BEGIN Data supplied
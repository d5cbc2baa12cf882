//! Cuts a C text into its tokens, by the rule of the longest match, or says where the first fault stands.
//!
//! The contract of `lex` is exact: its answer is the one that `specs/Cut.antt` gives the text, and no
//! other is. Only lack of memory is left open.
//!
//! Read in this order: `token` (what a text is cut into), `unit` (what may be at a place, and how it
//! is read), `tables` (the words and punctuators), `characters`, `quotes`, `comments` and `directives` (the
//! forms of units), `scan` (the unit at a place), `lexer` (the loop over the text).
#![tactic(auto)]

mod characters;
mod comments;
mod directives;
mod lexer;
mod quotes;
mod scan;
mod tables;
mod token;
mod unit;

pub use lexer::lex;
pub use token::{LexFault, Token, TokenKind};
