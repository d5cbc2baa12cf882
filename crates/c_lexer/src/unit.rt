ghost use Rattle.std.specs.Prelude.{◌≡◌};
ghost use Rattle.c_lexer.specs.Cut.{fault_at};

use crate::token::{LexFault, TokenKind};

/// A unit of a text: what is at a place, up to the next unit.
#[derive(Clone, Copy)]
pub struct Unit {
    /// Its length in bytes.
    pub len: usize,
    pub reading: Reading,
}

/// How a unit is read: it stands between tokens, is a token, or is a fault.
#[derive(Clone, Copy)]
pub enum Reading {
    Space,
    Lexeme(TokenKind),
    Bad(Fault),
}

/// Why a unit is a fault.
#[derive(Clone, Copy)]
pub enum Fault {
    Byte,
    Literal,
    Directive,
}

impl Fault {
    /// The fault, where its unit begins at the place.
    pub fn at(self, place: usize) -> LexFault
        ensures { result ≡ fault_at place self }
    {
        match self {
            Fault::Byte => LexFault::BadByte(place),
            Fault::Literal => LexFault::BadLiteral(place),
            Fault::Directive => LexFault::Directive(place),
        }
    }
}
END Data supplied
▶ _Aim of the task_
Find the word "comments" in the material, then list each line that holds it.

▶ _Your solution_
//! is read), `tables` (the words and punctuators), `characters`, `quotes`, `comments` and `directives` (the
mod comments;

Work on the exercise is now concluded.